## TASK TO CARRY OUT
I need the records below retyped exactly.

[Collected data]
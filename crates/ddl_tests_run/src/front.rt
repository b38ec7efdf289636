//! Which names are bound to what, and which modules are refused, over files in memory.

use crate::names::builtin;
use ddl_base::{Stage, Told};
use ddl_front::bound_modules;
use ddl_names::{Bound, Use, bindings};
use ddl_outside::{MemFiles, Refusal};
use ddl_tree::SourceUnit;
use std::alloc::Global;
use std::str;
use std::test::Fail;

/// The module `A`, and its uses with what binds each: the place of a local name, the number of a declaration, or a
/// built-in name. Behind them stand those of `B`.
const USES: [(&str, &str); 12] = [
    (
        "def Main = block { x = UInt8; let x = x; ^ x }",
        "23:UInt8 38:19 43:34",
    ),
    ("def P x = block { let x = x; ^ x }", "26:6 31:22"),
    ("def f xs = for (s = 0; x in xs) s + x", "28:6 32:16 36:23"),
    ("def f xs = map (k, x in xs) k", "24:6 28:16"),
    ("def f m = case m of { just x -> x; _ -> 0 }", "15:6 32:27"),
    ("def P Q = Q\ndef Q = END", "10:6 20:End"),
    ("def UInt8 = END\ndef Main = UInt8", "12:End 27:#0"),
    ("def a : B = 0\nbitdata B = 0b0", "8:#1"),
    ("def Main = P $[1 .. 3]\ndef P $c = $c", "11:#1 34:29"),
    ("def Main = First { a = 1; b = Fail \"no\" }", "30:Fail"),
    ("import B\ndef Main = F", "20:#1 8:UInt8"),
    (
        "import B\ndef F = END\ndef Main = F",
        "17:End 32:#0 8:UInt8",
    ),
];

/// The module `A`, and what is told of it.
const REFUSALS: [(&str, &str); 35] = [
    ("def Main = block { x = ^ x; END }", "Names.1 25..26"),
    (
        "def Main = block { block { x = UInt8 }; ^ x }",
        "Names.1 42..43",
    ),
    ("def f xs = map (x in x) x", "Names.1 21..22"),
    ("def f xs = for (s = s; x in xs) s", "Names.1 20..21"),
    (
        "def f m = case m of { just x -> 1; _ -> x }",
        "Names.1 40..41",
    ),
    ("def a = 1\ndef a = 2", "Names.2 14..15 4 5"),
    ("bitdata B = 0b0\ndef B = UInt8", "Names.2 20..21 8 9"),
    ("def f x x = 1", "Names.2 8..9 6 7"),
    (
        "def Main = block { x = UInt8; x = END }",
        "Names.2 30..31 19 20",
    ),
    (
        "def Main = block { $$ = UInt8; $$ = END }",
        "Names.2 31..33 19 21",
    ),
    (
        "def Main = First { a = UInt8; a = END }",
        "Names.2 30..31 19 20",
    ),
    ("def r = { a = 1, a = 2 }", "Names.2 17..18 10 11"),
    (
        "bitdata B where { a = 0b0; a = 0b1 }",
        "Names.2 27..28 18 19",
    ),
    (
        "bitdata B = { a : uint 1, a : uint 1 }",
        "Names.2 26..27 14 15",
    ),
    ("import B\nimport C\ndef Main = F", "Names.3 29..30 B C"),
    ("def Main = block { 3 }", "Names.4 19..20"),
    ("def Main = First { UInt8; 1 }", "Names.4 26..27"),
    ("def Main = ^ UInt8", "Names.4 13..18"),
    ("def Main = Many END UInt8", "Names.4 16..19"),
    ("def Main = if UInt8 then UInt8 else END", "Names.4 14..19"),
    (
        "def Main = block { x = if true then 1 else UInt8; END }",
        "Names.4 43..48",
    ),
    (
        "def Main = block { x = if true then UInt8 else 1; END }",
        "Names.4 47..48",
    ),
    ("def Main = P \"a\"\ndef P $c = $c", "Names.4 13..16"),
    ("def Main = Fail 1", "Names.4 16..17"),
    ("def f P = 1", "Names.4 6..7"),
    ("def a : UInt8 = 1", "Names.4 8..13"),
    ("def a = $c\ndef $c = 'c'", "Names.4 8..10"),
    ("def Main = G\ndef G x = ^ x", "Names.5 11..12 0 1"),
    ("def Main : G = ^ 1\ndef G x = ^ x", "Names.5 11..12 0 1"),
    ("def f = f 1", "Names.5 8..9 1 0"),
    ("def a = b\ndef c = UInt8", "Names.1 8..9"),
    ("def c = UInt8\ndef a = b", "Names.4 8..13"),
    ("def a = b\ndef c = 1\ndef c = 2", "Names.2 24..25 14 15"),
    ("def a = UInt8 b", "Names.4 8..13"),
    ("def Main = UInt8 b", "Names.5 11..16 1 0"),
];

/// What binds a use, behind what stands there.
fn push_use(alloc: Global, text: &mut String, used: &Use) -> Result<(), Fail> {
    if !text.is_empty() {
        text.push_str(" ")?;
    }
    let from = used.span.from;
    let shown = match used.bound {
        Bound::Local(span) => format!(in alloc; "{from}:{}", span.from)?,
        Bound::Decl(number) => format!(in alloc; "{from}:#{number}")?,
        Bound::BuiltIn(name) => format!(in alloc; "{from}:{}", builtin(name))?,
    };
    text.push_str(shown.as_str())?;
    Ok(())
}

/// What binds each use in these modules.
fn shown(alloc: Global, units: &[SourceUnit]) -> Result<String, Fail> {
    let mut text = String::new(alloc);
    for used in &bindings(alloc, units)?.all {
        push_use(alloc, &mut text, used)?;
    }
    Ok(text)
}

/// The cause of a refusal, where it stands, and what else is told.
fn told(alloc: Global, told: &Told) -> Result<String, Fail> {
    let stage = if told.stage == Stage::Names {
        "Names"
    } else {
        "another"
    };
    let mut text = format!(in alloc; "{stage}.{} {}..{}", told.number, told.from, told.to)?;
    for more in &told.more {
        text.push_str(" ")?;
        text.push_str(str::from_utf8(more.get())?)?;
    }
    Ok(text)
}

/// What comes of the module `A`. `B` and `C` declare the grammar `F`.
fn answered(alloc: Global, module: &str) -> Result<String, Fail> {
    let mut files = MemFiles::new(alloc);
    files.add("A.ddl", module.as_bytes().to_vec(alloc)?)?;
    files.add("B.ddl", b"def F = UInt8".to_vec(alloc)?)?;
    files.add("C.ddl", b"def F = UInt8".to_vec(alloc)?)?;
    match bound_modules(alloc, &mut files, "A") {
        Ok(units) => shown(alloc, &units),
        Err(Refusal::Refused(refusal)) => told(alloc, &refusal),
        Err(_other) => Ok(format!(in alloc; "no line")?),
    }
}

#[test]
fn names_are_bound(rt: HostRuntime) -> Result<(), Fail> {
    let alloc = rt.alloc();
    for (module, want) in &USES {
        assert_eq!(rt; answered(alloc, module)?.as_str(), *want);
    }
    Ok(())
}

#[test]
fn modules_are_refused(rt: HostRuntime) -> Result<(), Fail> {
    let alloc = rt.alloc();
    for (module, want) in &REFUSALS {
        assert_eq!(rt; answered(alloc, module)?.as_str(), *want);
    }
    Ok(())
}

## WRITTEN REPLY
filename crates/ddl_tests_run/src/front.rt
repository b38ec7efdf289636
//! Which names are bound to what, and which modules are refused, over files in memory.

use crate::names::builtin;
use ddl_base::{Stage, Told};
use ddl_front::bound_modules;
use ddl_names::{Bound, Use, bindings};
use ddl_outside::{MemFiles, Refusal};
use ddl_tree::SourceUnit;
use std::alloc::Global;
use std::str;
use std::test::Fail;

/// The module `A`, and its uses with what binds each: the place of a local name, the number of a declaration, or a
/// built-in name. Behind them stand those of `B`.
const USES: [(&str, &str); 12] = [
    (
        "def Main = block { x = UInt8; let x = x; ^ x }",
        "23:UInt8 38:19 43:34",
    ),
    ("def P x = block { let x = x; ^ x }", "26:6 31:22"),
    ("def f xs = for (s = 0; x in xs) s + x", "28:6 32:16 36:23"),
    ("def f xs = map (k, x in xs) k", "24:6 28:16"),
    ("def f m = case m of { just x -> x; _ -> 0 }", "15:6 32:27"),
    ("def P Q = Q\ndef Q = END", "10:6 20:End"),
    ("def UInt8 = END\ndef Main = UInt8", "12:End 27:#0"),
    ("def a : B = 0\nbitdata B = 0b0", "8:#1"),
    ("def Main = P $[1 .. 3]\ndef P $c = $c", "11:#1 34:29"),
    ("def Main = First { a = 1; b = Fail \"no\" }", "30:Fail"),
    ("import B\ndef Main = F", "20:#1 8:UInt8"),
    (
        "import B\ndef F = END\ndef Main = F",
        "17:End 32:#0 8:UInt8",
    ),
];

/// The module `A`, and what is told of it.
const REFUSALS: [(&str, &str); 35] = [
    ("def Main = block { x = ^ x; END }", "Names.1 25..26"),
    (
        "def Main = block { block { x = UInt8 }; ^ x }",
        "Names.1 42..43",
    ),
    ("def f xs = map (x in x) x", "Names.1 21..22"),
    ("def f xs = for (s = s; x in xs) s", "Names.1 20..21"),
    (
        "def f m = case m of { just x -> 1; _ -> x }",
        "Names.1 40..41",
    ),
    ("def a = 1\ndef a = 2", "Names.2 14..15 4 5"),
    ("bitdata B = 0b0\ndef B = UInt8", "Names.2 20..21 8 9"),
    ("def f x x = 1", "Names.2 8..9 6 7"),
    (
        "def Main = block { x = UInt8; x = END }",
        "Names.2 30..31 19 20",
    ),
    (
        "def Main = block { $$ = UInt8; $$ = END }",
        "Names.2 31..33 19 21",
    ),
    (
        "def Main = First { a = UInt8; a = END }",
        "Names.2 30..31 19 20",
    ),
    ("def r = { a = 1, a = 2 }", "Names.2 17..18 10 11"),
    (
        "bitdata B where { a = 0b0; a = 0b1 }",
        "Names.2 27..28 18 19",
    ),
    (
        "bitdata B = { a : uint 1, a : uint 1 }",
        "Names.2 26..27 14 15",
    ),
    ("import B\nimport C\ndef Main = F", "Names.3 29..30 B C"),
    ("def Main = block { 3 }", "Names.4 19..20"),
    ("def Main = First { UInt8; 1 }", "Names.4 26..27"),
    ("def Main = ^ UInt8", "Names.4 13..18"),
    ("def Main = Many END UInt8", "Names.4 16..19"),
    ("def Main = if UInt8 then UInt8 else END", "Names.4 14..19"),
    (
        "def Main = block { x = if true then 1 else UInt8; END }",
        "Names.4 43..48",
    ),
    (
        "def Main = block { x = if true then UInt8 else 1; END }",
        "Names.4 47..48",
    ),
    ("def Main = P \"a\"\ndef P $c = $c", "Names.4 13..16"),
    ("def Main = Fail 1", "Names.4 16..17"),
    ("def f P = 1", "Names.4 6..7"),
    ("def a : UInt8 = 1", "Names.4 8..13"),
    ("def a = $c\ndef $c = 'c'", "Names.4 8..10"),
    ("def Main = G\ndef G x = ^ x", "Names.5 11..12 0 1"),
    ("def Main : G = ^ 1\ndef G x = ^ x", "Names.5 11..12 0 1"),
    ("def f = f 1", "Names.5 8..9 1 0"),
    ("def a = b\ndef c = UInt8", "Names.1 8..9"),
    ("def c = UInt8\ndef a = b", "Names.4 8..13"),
    ("def a = b\ndef c = 1\ndef c = 2", "Names.2 24..25 14 15"),
    ("def a = UInt8 b", "Names.4 8..13"),
    ("def Main = UInt8 b", "Names.5 11..16 1 0"),
];

/// What binds a use, behind what stands there.
fn push_use(alloc: Global, text: &mut String, used: &Use) -> Result<(), Fail> {
    if !text.is_empty() {
        text.push_str(" ")?;
    }
    let from = used.span.from;
    let shown = match used.bound {
        Bound::Local(span) => format!(in alloc; "{from}:{}", span.from)?,
        Bound::Decl(number) => format!(in alloc; "{from}:#{number}")?,
        Bound::BuiltIn(name) => format!(in alloc; "{from}:{}", builtin(name))?,
    };
    text.push_str(shown.as_str())?;
    Ok(())
}

/// What binds each use in these modules.
fn shown(alloc: Global, units: &[SourceUnit]) -> Result<String, Fail> {
    let mut text = String::new(alloc);
    for used in &bindings(alloc, units)?.all {
        push_use(alloc, &mut text, used)?;
    }
    Ok(text)
}

/// The cause of a refusal, where it stands, and what else is told.
fn told(alloc: Global, told: &Told) -> Result<String, Fail> {
    let stage = if told.stage == Stage::Names {
        "Names"
    } else {
        "another"
    };
    let mut text = format!(in alloc; "{stage}.{} {}..{}", told.number, told.from, told.to)?;
    for more in &told.more {
        text.push_str(" ")?;
        text.push_str(str::from_utf8(more.get())?)?;
    }
    Ok(text)
}

/// What comes of the module `A`. `B` and `C` declare the grammar `F`.
fn answered(alloc: Global, module: &str) -> Result<String, Fail> {
    let mut files = MemFiles::new(alloc);
    files.add("A.ddl", module.as_bytes().to_vec(alloc)?)?;
    files.add("B.ddl", b"def F = UInt8".to_vec(alloc)?)?;
    files.add("C.ddl", b"def F = UInt8".to_vec(alloc)?)?;
    match bound_modules(alloc, &mut files, "A") {
        Ok(units) => shown(alloc, &units),
        Err(Refusal::Refused(refusal)) => told(alloc, &refusal),
        Err(_other) => Ok(format!(in alloc; "no line")?),
    }
}

#[test]
fn names_are_bound(rt: HostRuntime) -> Result<(), Fail> {
    let alloc = rt.alloc();
    for (module, want) in &USES {
        assert_eq!(rt; answered(alloc, module)?.as_str(), *want);
    }
    Ok(())
}

#[test]
fn modules_are_refused(rt: HostRuntime) -> Result<(), Fail> {
    let alloc = rt.alloc();
    for (module, want) in &REFUSALS {
        assert_eq!(rt; answered(alloc, module)?.as_str(), *want);
    }
    Ok(())
}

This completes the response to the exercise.